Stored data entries
● ● ● ● ●

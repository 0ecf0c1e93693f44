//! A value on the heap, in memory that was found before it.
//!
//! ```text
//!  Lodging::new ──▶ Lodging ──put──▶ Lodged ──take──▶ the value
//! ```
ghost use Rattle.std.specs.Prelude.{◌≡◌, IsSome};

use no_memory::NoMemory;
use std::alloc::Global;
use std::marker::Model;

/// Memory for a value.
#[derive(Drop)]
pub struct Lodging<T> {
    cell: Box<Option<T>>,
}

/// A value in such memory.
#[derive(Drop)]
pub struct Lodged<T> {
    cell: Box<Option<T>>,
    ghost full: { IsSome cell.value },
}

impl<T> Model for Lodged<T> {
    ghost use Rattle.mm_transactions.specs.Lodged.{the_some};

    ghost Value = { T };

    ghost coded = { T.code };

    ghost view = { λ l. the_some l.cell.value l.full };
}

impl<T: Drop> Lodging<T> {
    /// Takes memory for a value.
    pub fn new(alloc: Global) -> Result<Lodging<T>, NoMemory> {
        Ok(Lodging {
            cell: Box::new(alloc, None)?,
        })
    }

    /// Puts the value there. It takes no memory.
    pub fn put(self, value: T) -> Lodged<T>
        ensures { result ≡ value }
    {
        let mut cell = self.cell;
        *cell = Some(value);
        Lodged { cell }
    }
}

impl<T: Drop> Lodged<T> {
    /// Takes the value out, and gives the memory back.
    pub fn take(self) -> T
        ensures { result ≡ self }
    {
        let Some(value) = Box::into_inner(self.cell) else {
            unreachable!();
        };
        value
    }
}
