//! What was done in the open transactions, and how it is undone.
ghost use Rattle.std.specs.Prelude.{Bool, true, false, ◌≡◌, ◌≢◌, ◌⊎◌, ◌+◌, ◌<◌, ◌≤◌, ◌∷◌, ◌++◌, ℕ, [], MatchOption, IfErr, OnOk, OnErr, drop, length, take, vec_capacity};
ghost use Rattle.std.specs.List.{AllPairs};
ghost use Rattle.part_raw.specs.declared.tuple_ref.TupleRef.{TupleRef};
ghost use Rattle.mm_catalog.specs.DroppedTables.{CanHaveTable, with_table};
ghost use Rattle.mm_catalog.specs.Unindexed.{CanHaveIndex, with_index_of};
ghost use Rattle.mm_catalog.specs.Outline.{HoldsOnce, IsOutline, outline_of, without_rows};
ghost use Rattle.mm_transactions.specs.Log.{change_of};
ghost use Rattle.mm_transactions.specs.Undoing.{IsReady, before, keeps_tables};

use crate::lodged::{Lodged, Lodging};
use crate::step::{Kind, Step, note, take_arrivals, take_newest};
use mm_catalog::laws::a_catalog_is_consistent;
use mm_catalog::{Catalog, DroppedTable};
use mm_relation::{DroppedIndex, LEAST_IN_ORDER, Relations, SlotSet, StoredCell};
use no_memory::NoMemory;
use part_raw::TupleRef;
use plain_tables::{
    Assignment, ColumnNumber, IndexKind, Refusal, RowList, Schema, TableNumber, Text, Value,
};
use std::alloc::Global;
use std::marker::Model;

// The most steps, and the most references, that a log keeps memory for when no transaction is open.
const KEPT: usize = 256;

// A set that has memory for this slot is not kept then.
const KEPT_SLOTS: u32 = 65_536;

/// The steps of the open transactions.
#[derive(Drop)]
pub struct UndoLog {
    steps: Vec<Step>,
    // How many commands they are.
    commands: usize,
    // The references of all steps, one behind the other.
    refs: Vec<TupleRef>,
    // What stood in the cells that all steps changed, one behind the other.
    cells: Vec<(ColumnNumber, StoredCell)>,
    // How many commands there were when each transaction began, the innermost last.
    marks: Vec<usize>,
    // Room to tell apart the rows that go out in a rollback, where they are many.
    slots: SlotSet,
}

● ● ● ● ●

- Task objective -
Find the word "Lodging" in the entries above and gather every line that holds it.

- Task answer -
//!  Lodging::new ──▶ Lodging ──put──▶ Lodged ──take──▶ the value
pub struct Lodging<T> {
impl<T: Drop> Lodging<T> {
    pub fn new(alloc: Global) -> Result<Lodging<T>, NoMemory> {
        Ok(Lodging {
use crate::lodged::{Lodged, Lodging};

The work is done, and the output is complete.